Don’t indulge in this self-victimisation. It’s a trap, parents, take it from us. This is not about you, really. This is a world where every five years, a new generation evolves. There are massive differences between your and our approaches and attitudes to life. It gets difficult to navigate and deal with two starkly different exposures and approaches: that of the family and that of the world.
In a world where productivity and skills are the ‘be-all, end-all’, it’s difficult for children to even understand that the world does have a space for them that’s just theirs; one that’s not been polluted with the whims and fancies of degrees, awards, ‘productive’ work cultures. We’re still struggling to be a society where we accept vivid and unconventional career choices, let alone support them.
So, no. Disagreeing with you is not disrespecting you. Not waking up and doing house chores exactly when you want us to; or not doing things according to your schedules and plans, or not agreeing with the decisions you take for our careers and lives—that is not us disrespecting you.
Please understand. You and we—we’re battling the same enemy. And since we’re out here, in the field, facing them up-close, we need allies, and not to be attacked from within.

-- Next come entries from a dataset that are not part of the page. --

// A solid as OBJ text, written into a lent buffer.
ghost use Rattle.std.specs.Prelude.{◌≡◌, ℕ, ◌+◌, ◌*◌, ◌≤◌, ◌<◌};
ghost use Rattle.layout.specs.Small.{Small};
ghost use Rattle.text.specs.Put.{Put};
ghost use Rattle.sound_tables.specs.Good.{Good};
ghost use Rattle.wavefront.specs.Obj.{obj_text, solid_refusal, texted, fitted, unless_refused, obj_of};
ghost use Rattle.wavefront_text.specs.LineLaws.{AllInRange, Low};
ghost use Rattle.wavefront_entry.specs.RankLaws.{Ranked};
ghost use Rattle.wavefront_entry.specs.ObjLaws.{text_by, Drawable, excess, drawn};

use crate::ranks::rank_vertices;
use crate::solid::solid_refusal;
use bounds::ITEM_PLACES;
use layout::shape::{Shape, shape_of};
use refusals::Refusal;
use table::check::check;
use wavefront::answer::TextAnswer;
use wavefront_text::lines::{put_faces, put_vertices};

// The text at the front of `out`, as far as it fits; how long it is.
fn put_text(
    out: &mut [u8],
    links: &[u16],
    points: &[i32],
    sh: Shape,
    s: usize,
    ranks: &[u16; ITEM_PLACES],
) -> usize
    requires low { Low ranks.now × Small sh }
    requires all_in_range { AllInRange points.now sh.vertices }
    ensures { Put out.old 0
        (text_by sh links.now points.now s ranks.now) result out.new }
{
    let at = put_vertices(out, points, sh.vertices as usize, ranks);
    put_faces(out, at, links, sh, s, ranks)
}

// The most bytes that the text of a solid of such a table has: 26 for a vertex, 2 for a face, 5 for a half-edge.
fn longest(sh: Shape) -> usize
    requires { Small sh }
    ensures { result ≡ 26 * sh.vertices + 2 * sh.faces + 5 * (2 * sh.edges) }
{
    26 * (sh.vertices as usize) + 2 * (sh.faces as usize) + 5 * (2 * (sh.edges as usize))
}

// How long the text is, where it is longer than `room`. It is measured in a buffer that holds one byte of it, and not
// at all where there is room for the longest.
fn overlong(
    links: &[u16],
    points: &[i32],
    sh: Shape,
    s: usize,
    ranks: &[u16; ITEM_PLACES],
    room: usize,
) -> Option<usize>
    requires { Drawable sh links.now points.now s × Ranked sh links.now s ranks.now }
    ensures { result ≡ excess (obj_text sh links.now points.now s) room }
{
    if room >= longest(sh) {
        return None;
    }
    let mut front = [0u8; 1];
    let length = put_text(&mut front, links, points, sh, s, ranks);
    if length <= room {
        return None;
    }
    Some(length)
}

// Writes a solid that is not refused: how long its text is, or that it does not fit and how long it would be.
fn write_solid(
    links: &[u16],
    points: &[i32],
    sh: Shape,
    s: usize,
    out: &mut [u8],
) -> Result<usize, (Refusal, usize)>
    requires { Drawable sh links.now points.now s }
    ensures { drawn result out.new ≡ fitted (obj_text sh links.now points.now s) out.old }
{
    let mut ranks = [0u16; ITEM_PLACES];
    rank_vertices(links, sh, s, &mut ranks);
    if let Some(length) = overlong(links, points, sh, s, &ranks, out.len()) {
        return Err((Refusal::TextTooLong, length));
    }
    Ok(put_text(out, links, points, sh, s, &ranks))
}

// Writes solid s of a good table: how long its text is, or why there is none, with the length where it does not fit.
fn draw(
    links: &[u16],
    points: &[i32],
    sh: Shape,
    s: usize,
    out: &mut [u8],
) -> Result<usize, (Refusal, usize)>
    requires { Good sh links.now points.now }
    ensures { drawn result out.new
        ≡ unless_refused (solid_refusal sh links.now s) 0 (obj_text sh links.now points.now s) out.old }
{
    match solid_refusal(links, sh, s) {
        Ok(()) => write_solid(links, points, sh, s, out),
        Err(refusal) => Err((refusal, 0)),
    }
}

// Writes solid s of a sound table: refusal 1, or 2 with the rule; 5 for no number of a solid, 6 for a free one, 12 for
// one with a ring, a lone loop or a face of under three sides, 13 where the text does not fit; else 0. The length of
// the text is answered with 0 and 13. A refusal writes nothing, and what stands behind the text stays.
pub fn obj(links: &[u16], points: &[i32], s: usize, out: &mut [u8]) -> TextAnswer
    ensures { texted result.refusal result.rule result.length out.new
        ≡ obj_of links.now points.now s out.old }
{
    let a = check(links, points);
    if a.refusal != 0 {
        return TextAnswer {
            refusal: a.refusal,
            rule: a.rule,
            length: 0,
        };
    }
    let (refusal, length) = match draw(links, points, shape_of(links), s, out) {
        Ok(length) => (0, length),
        Err((refusal, length)) => (refusal.number(), length),
    };
    TextAnswer {
        refusal,
        rule: 0,
        length,
    }
}
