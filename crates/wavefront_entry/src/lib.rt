// A solid of a table, written as OBJ text.

#![tactic(auto)]

pub mod ranks; // the vertices of a solid, counted
pub mod solid; // refusals 5, 6 and 12
pub mod obj; // the whole call
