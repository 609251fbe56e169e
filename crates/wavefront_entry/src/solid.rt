// What is asked of a solid before it is written: refusals 5, 6 and 12.
ghost use Rattle.std.specs.Prelude.{◌≡◌, Bool, ◌&&◌, ℕ, ◌≤◌, ◌<◌};
ghost use Rattle.layout.specs.Small.{Small};
ghost use Rattle.wavefront.specs.Obj.{three_sides, outer_loop, sided_loop, no_ring_nor_lone, three_sided};
ghost use Rattle.wavefront.specs.Obj.{solid_refusal};
ghost use Rattle.refusals.specs.Numbers.{refusal_in};

use layout::columns::{face_outer, face_solid, loop_face, loop_first, prev_of, solid_used};
use layout::shape::Shape;
use refusals::{Refusal, ensure};
use searching::all_pass;

// The loop of half-edge k has three sides at least.
fn three_sides(links: &[u16], sh: Shape, k: usize) -> bool
    requires { k ≤ 65536 }
    ensures { result ≡ three_sides sh links.now k }
{
    let before = prev_of(links, sh, k);
    if before == k {
        return false;
    }
    if prev_of(links, sh, before) == k {
        return false;
    }
    true
}

// Loop l, where it is one of solid s, is its face's outer loop, has half-edges, and of these three at least.
fn plain_loop(links: &[u16], sh: Shape, s: usize, l: usize) -> bool
    requires { l ≤ 65536 }
    ensures { result ≡ (outer_loop sh links.now s l && sided_loop sh links.now s l) }
{
    let f = loop_face(links, sh, l);
    if face_solid(links, sh, f) != s {
        return true;
    }
    if face_outer(links, sh, f) != l {
        return false;
    }
    let first = loop_first(links, sh, l);
    if first == 0 {
        return false;
    }
    three_sides(links, sh, first)
}

// No face of solid s has a ring, a lone loop or under three sides.
fn plain(links: &[u16], sh: Shape, s: usize) -> bool
    requires { Small sh }
    ensures { result ≡ (no_ring_nor_lone sh links.now s && three_sided sh links.now s) }
{
    all_pass(sh.loops as usize, |l| plain_loop(links, sh, s, l))
}

// Why solid s of a sound table is refused, if it is.
pub fn solid_refusal(links: &[u16], sh: Shape, s: usize) -> Result<(), Refusal>
    requires { Small sh }
    ensures { refusal_in result ≡ solid_refusal sh links.now s }
{
    ensure(s != 0, Refusal::OutOfRange)?;
    ensure(s <= sh.solids as usize, Refusal::OutOfRange)?;
    ensure(solid_used(links, sh, s) != 0, Refusal::ItemFree)?;
    ensure(plain(links, sh, s), Refusal::NotPlain)
}
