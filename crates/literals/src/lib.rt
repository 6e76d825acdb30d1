#![tactic(auto)]
// Declares literals. One whose whole name is declared already is not declared again.
ghost use Rattle.std.specs.Prelude.{◌≡◌, ◌<◌, length, drop};
ghost use Rattle.book.specs.Book.{terms, size};
ghost use Rattle.book.specs.Decode.{literal_of, program};
ghost use Rattle.book.specs.RExpr.{is_tag};
ghost use Rattle.book_test.specs.Promise.{Promise, GoodLiteral};
ghost use Rattle.solver_expr.specs.Lowering.{literal_name};
ghost use Rattle.rsolver.specs.LevelState.{literal_places, level_count, name_in};
ghost use Rattle.levels.specs.Did.{Ready, Did};
ghost use Rattle.literal_names.specs.Names.{barred, Seeks};
ghost use Rattle.literals.specs.Literals.{new_literal_step, literal_step};

use basics::same;
use book::field;
use book::format::*;
use finding::find_literal;
use levels::{LITERAL_PLACES, Level, Progress, declare_new_types, mark};
use literal_names::{Sought, type_text};
use records::named;

mod finding;

// The term that a search has found, and how many literal terms it has gone through.
#[derive(Clone, Copy)]
pub struct Search {
    pub found: Option<usize>,
    pub gone: usize,
}

// The name is declared. The search has one caller, in which the compiler sees that its count is not read. Not inlined: its values would
// cost stack in each nested call of the walk.
#[inline(never)]
fn is_declared(book: &[u8], sought: Sought, s: &[u8], typ: &[u8], levels: &[Level]) -> bool
    requires { Promise book.now × Seeks book.now sought s.now typ.now × (length levels.now ≡ level_count) }
    ensures { result ≡ name_in (barred s.now typ.now) (program book.now).literals (drop literal_places levels.now) }
{
    find_literal(book, sought, s, typ, levels).found.is_some()
}

// The name of the literal that term t is, is declared.
fn is_named(book: &[u8], t: usize, levels: &[Level]) -> bool
    requires { Promise book.now × (t < size book.now terms) × GoodLiteral book.now t × (length levels.now ≡ level_count) }
    ensures { result ≡ name_in (literal_name (literal_of book.now t)) (program book.now).literals (drop literal_places levels.now) }
{
    let s = named(book, TERMS, t, LITERAL_NAME);
    let name = field(book, TERMS, t, LITERAL_NAME);
    let typ = field(book, TERMS, t, LITERAL_TYPE);
    is_declared(book, Sought { name, typ }, s, type_text(book, typ), levels)
}

// The literal that term t is prints as a number.
pub fn is_tag(book: &[u8], t: usize) -> bool
    requires { Promise book.now × (t < size book.now terms) × GoodLiteral book.now t }
    ensures { result ≡ is_tag (literal_of book.now t) }
{
    same(named(book, TERMS, t, LITERAL_NAME), b"%tag")
}

// Declares the literal that term t is, and its type.
fn send_literal(
    book: &[u8],
    t: usize,
    level: Level,
    levels: &mut [Level],
    so: Progress,
    out: &mut [u8],
) -> Progress
    requires { Ready book.now level levels.old × (t < size book.now terms) × GoodLiteral book.now t }
    ensures { Did (new_literal_step book.now t) level levels.old levels.new so out.old out.new result }
{
    let typ = field(book, TERMS, t, LITERAL_TYPE);
    let done = declare_new_types(book, typ, level, levels, so, out);
    mark(LITERAL_PLACES + t, level, levels);
    let at = smt_engines::declare_literal(book, t, done.at, out);
    Progress { at, ..done }
}

// DeclareNewSymbols of a CustomLiteral, term t.
pub fn declare_literal(
    book: &[u8],
    t: usize,
    level: Level,
    levels: &mut [Level],
    so: Progress,
    out: &mut [u8],
) -> Progress
    requires { Ready book.now level levels.old × (t < size book.now terms) × GoodLiteral book.now t }
    ensures { Did (literal_step book.now t) level levels.old levels.new so out.old out.new result }
{
    if is_tag(book, t) || is_named(book, t, levels) {
        so
    } else {
        send_literal(book, t, level, levels, so, out)
    }
}
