// Finds a declared literal by its name's text, and stops there.
ghost use Rattle.std.specs.Prelude.{◌≡◌, ◌∷◌, [], ◌<◌, length, drop};
ghost use Rattle.book.specs.Book.{terms, size};
ghost use Rattle.book.specs.Decode.{literal_at, program};
ghost use Rattle.book_test.specs.Promise.{Promise};
ghost use Rattle.rsolver.specs.LevelState.{literal_places, level_count};
ghost use Rattle.literal_names.specs.Names.{barred, Seeks};
ghost use Rattle.literals.specs.Literals.{declares_name};
ghost use Rattle.literals.specs.Search.{literal_count, search, search_value};

use super::Search;
use book::format::*;
use book::{Kind, count, field};
use levels::{LITERAL_PLACES, Level};
use literal_names::{Sought, agrees};

// How many literals term k is: one or none.
fn literals_at(book: &[u8], k: usize) -> usize
    requires { Promise book.now × (k < size book.now terms) }
    ensures { result ≡ literal_count (literal_at book.now k ∷ []) }
{
    if field(book, TERMS, k, KIND) == Kind::CustomLiteral as usize {
        1
    } else {
        0
    }
}

// Term k is a literal that declared the name. The level is looked at before the record, and most terms are not declared.
fn declares_name(
    book: &[u8],
    k: usize,
    sought: Sought,
    s: &[u8],
    typ: &[u8],
    levels: &[Level],
) -> bool
    requires { Promise book.now × (k < size book.now terms) × Seeks book.now sought s.now typ.now × (length levels.now ≡ level_count) }
    ensures { result ≡ declares_name book.now (barred s.now typ.now) levels.now k }
{
    levels[LITERAL_PLACES + k] != 0
        && field(book, TERMS, k, KIND) == Kind::CustomLiteral as usize
        && agrees(book, k, sought, s, typ)
}

// Finds a declared literal by its name's text. Where nobody reads the count, the compiler leaves it out.
pub fn find_literal(book: &[u8], sought: Sought, s: &[u8], typ: &[u8], levels: &[Level]) -> Search
    requires { Promise book.now × Seeks book.now sought s.now typ.now × (length levels.now ≡ level_count) }
    ensures { search_value result ≡ search (barred s.now typ.now) (program book.now).literals (drop literal_places levels.now) }
{
    let mut gone = 0;
    for k in 0..count(book, TERMS) {
        gone += literals_at(book, k);
        if declares_name(book, k, sought, s, typ, levels) {
            return Search {
                found: Some(k),
                gone,
            };
        }
    }
    Search { found: None, gone }
}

No, we don’t want to. A 17-year-old is too young to decide on a career that will last her a lifetime. We’re called freshers for a reason. We don’t know how the world works. What insane pressure it is to take charge of your life all at 17 years of age? And ingraining this fear of getting it right, else signing for life-long unhappiness and suffering?
From whatever I understand, parenting is super-hard and pressurizing. Apparently, there’s this invisible system that parents think they’ve to cater to, some scales, trends and standards they have to live up to. This makes it all the more important to battle this invisible foe that is making increasingly harmful notions like productivity and contentment a “normal”. It’s like they’ve created their own happiness index with all the wrong measuring indicators.
It is genuinely difficult for both sides to push past these and try and have a conversation. Attempts at conversations are reduced to a battleground where both the sides are just always on the defensive.
Why is it that we have to plan for days to have a conversation with our parents? Why is it that we have to plan for years to come out and share something as basic to our existence as our identity and orientations?
We’re living in a society that is getting more and more toxic by the day. Parents and children, both, are trying to fight it in their own ways. But, we need to get past them. We need to be empathetic and kind. And parents, also be kind and mindful of the conversations you have with your tribe. You don’t know how they’re perceiving it. Try and break the mould, please. In the end, no one wants to fight. We want to co-exist. I apologise if you found any of my criticisms unwarranted, know that I’m willing to have a conversation about it, and I mean no harm.
Yes, it’s easier to form new worlds and build spaces when children are young, but it’s not impossible to start working on them when the realisation dawns upon us. Any time is a good time.
Yes, these pose bigger questions on the upbringing, conversations, societal norms, traditions and culture that we propagate. Those questions also deserve a discourse, a conversation.
We’re reaching out, would you please too?